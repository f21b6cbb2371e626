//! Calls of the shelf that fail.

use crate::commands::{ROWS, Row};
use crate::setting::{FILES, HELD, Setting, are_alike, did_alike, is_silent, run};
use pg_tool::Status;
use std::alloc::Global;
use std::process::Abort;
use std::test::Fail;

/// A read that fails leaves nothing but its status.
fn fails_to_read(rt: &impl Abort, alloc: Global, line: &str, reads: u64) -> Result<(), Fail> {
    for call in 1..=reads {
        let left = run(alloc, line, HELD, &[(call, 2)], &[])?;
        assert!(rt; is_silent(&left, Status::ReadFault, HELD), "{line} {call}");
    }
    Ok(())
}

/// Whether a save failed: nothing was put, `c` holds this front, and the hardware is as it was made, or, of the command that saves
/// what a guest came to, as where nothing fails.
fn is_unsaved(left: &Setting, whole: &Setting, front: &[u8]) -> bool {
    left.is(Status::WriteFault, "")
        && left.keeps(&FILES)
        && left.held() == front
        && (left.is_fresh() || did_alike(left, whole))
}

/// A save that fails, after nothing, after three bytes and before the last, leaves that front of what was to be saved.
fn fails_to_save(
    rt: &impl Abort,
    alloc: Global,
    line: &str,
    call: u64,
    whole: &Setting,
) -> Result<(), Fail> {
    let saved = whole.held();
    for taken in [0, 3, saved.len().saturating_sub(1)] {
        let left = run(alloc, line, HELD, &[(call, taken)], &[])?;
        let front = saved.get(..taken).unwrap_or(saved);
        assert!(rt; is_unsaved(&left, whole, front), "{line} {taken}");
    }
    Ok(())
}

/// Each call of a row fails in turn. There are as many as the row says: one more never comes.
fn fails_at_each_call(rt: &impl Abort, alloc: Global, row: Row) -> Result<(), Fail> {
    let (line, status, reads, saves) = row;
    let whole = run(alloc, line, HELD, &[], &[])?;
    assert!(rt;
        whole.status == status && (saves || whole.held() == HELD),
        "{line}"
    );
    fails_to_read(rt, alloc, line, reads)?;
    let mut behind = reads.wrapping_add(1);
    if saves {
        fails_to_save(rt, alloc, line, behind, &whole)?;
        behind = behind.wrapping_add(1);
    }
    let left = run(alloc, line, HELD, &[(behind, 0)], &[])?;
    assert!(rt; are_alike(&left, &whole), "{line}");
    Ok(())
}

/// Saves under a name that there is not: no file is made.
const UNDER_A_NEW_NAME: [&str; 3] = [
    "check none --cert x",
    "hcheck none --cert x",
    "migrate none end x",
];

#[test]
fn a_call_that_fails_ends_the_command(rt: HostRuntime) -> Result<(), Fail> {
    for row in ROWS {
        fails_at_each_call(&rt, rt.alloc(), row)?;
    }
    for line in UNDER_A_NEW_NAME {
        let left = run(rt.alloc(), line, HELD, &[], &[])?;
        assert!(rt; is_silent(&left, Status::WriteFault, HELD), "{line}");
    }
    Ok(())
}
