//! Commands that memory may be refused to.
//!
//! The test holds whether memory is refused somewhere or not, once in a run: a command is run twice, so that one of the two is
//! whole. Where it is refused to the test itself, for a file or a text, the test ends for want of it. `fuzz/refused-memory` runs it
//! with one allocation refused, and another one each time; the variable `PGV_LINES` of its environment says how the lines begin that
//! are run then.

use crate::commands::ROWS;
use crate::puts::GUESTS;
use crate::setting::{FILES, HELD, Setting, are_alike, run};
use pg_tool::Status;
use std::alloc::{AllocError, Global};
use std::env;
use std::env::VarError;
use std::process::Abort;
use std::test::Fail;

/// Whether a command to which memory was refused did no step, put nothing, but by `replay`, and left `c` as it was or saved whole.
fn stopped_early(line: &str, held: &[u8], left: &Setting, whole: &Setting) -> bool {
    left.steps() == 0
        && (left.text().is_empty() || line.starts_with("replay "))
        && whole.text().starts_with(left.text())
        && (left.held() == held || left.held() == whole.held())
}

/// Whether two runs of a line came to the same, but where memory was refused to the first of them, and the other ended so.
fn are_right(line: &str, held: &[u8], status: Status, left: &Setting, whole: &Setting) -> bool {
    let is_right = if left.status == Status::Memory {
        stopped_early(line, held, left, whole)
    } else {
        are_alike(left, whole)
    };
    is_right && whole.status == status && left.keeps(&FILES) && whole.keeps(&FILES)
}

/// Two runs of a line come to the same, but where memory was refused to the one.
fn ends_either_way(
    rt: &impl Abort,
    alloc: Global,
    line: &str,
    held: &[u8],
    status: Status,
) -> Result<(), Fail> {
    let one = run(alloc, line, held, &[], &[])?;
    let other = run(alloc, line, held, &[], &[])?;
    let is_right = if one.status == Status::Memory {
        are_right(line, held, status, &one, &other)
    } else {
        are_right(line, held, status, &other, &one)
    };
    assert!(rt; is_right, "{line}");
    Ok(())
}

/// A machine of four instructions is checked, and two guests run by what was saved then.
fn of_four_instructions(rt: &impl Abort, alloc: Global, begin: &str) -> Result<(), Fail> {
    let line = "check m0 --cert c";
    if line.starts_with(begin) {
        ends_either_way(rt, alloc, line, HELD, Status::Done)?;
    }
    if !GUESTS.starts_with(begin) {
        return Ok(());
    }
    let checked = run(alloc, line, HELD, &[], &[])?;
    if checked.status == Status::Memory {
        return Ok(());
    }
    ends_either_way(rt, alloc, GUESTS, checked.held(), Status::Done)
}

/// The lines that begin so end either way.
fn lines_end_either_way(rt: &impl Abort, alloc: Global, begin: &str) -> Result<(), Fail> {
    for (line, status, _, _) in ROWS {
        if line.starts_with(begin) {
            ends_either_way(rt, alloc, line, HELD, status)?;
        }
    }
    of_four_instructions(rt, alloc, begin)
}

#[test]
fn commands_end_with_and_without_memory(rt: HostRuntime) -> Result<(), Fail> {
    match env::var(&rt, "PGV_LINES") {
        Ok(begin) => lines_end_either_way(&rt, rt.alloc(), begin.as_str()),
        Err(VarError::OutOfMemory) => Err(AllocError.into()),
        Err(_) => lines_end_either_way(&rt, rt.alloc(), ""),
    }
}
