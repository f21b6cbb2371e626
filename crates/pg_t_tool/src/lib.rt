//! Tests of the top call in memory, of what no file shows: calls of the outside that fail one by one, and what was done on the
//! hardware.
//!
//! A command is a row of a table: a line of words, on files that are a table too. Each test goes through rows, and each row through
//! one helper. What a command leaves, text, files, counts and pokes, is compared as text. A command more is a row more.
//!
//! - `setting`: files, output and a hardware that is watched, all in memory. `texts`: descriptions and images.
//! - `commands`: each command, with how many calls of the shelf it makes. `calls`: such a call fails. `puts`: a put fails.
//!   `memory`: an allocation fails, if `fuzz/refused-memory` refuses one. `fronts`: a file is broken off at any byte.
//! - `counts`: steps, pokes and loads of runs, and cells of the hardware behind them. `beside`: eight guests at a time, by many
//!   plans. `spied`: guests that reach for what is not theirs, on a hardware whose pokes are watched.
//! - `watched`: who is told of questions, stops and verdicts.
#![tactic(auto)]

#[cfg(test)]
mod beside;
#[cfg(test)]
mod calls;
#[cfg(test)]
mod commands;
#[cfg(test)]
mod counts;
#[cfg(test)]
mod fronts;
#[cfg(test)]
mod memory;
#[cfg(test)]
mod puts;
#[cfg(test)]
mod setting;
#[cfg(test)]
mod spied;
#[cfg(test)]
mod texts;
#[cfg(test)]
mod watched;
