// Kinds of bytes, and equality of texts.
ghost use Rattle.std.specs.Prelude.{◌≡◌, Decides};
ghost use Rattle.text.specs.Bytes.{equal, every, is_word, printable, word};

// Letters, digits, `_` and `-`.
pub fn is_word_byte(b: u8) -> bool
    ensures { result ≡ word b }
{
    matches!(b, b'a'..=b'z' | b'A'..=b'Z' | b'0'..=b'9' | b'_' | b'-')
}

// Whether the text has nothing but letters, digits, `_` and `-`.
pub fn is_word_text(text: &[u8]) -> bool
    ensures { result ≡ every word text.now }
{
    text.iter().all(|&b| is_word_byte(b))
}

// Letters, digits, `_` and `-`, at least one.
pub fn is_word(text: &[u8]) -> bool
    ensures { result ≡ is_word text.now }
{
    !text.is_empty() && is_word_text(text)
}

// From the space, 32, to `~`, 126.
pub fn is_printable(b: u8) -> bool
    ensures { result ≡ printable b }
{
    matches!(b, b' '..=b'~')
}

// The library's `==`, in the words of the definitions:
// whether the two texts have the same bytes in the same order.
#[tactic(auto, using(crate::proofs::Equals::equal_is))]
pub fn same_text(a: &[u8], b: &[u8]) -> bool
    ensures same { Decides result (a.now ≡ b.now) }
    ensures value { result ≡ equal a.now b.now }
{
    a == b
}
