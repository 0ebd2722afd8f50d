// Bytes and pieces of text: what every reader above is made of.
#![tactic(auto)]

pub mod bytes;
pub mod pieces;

§ **Task objective**: All that belongs in your answer is the stretch of entries above from the line with "at least one." through the line with "pub fn is_printable(b: u8) -> bool", printed exactly.

§ **Answer area**:
// Letters, digits, `_` and `-`, at least one.
pub fn is_word(text: &[u8]) -> bool
    ensures { result ≡ is_word text.now }
{
    !text.is_empty() && is_word_text(text)
}

// From the space, 32, to `~`, 126.
pub fn is_printable(b: u8) -> bool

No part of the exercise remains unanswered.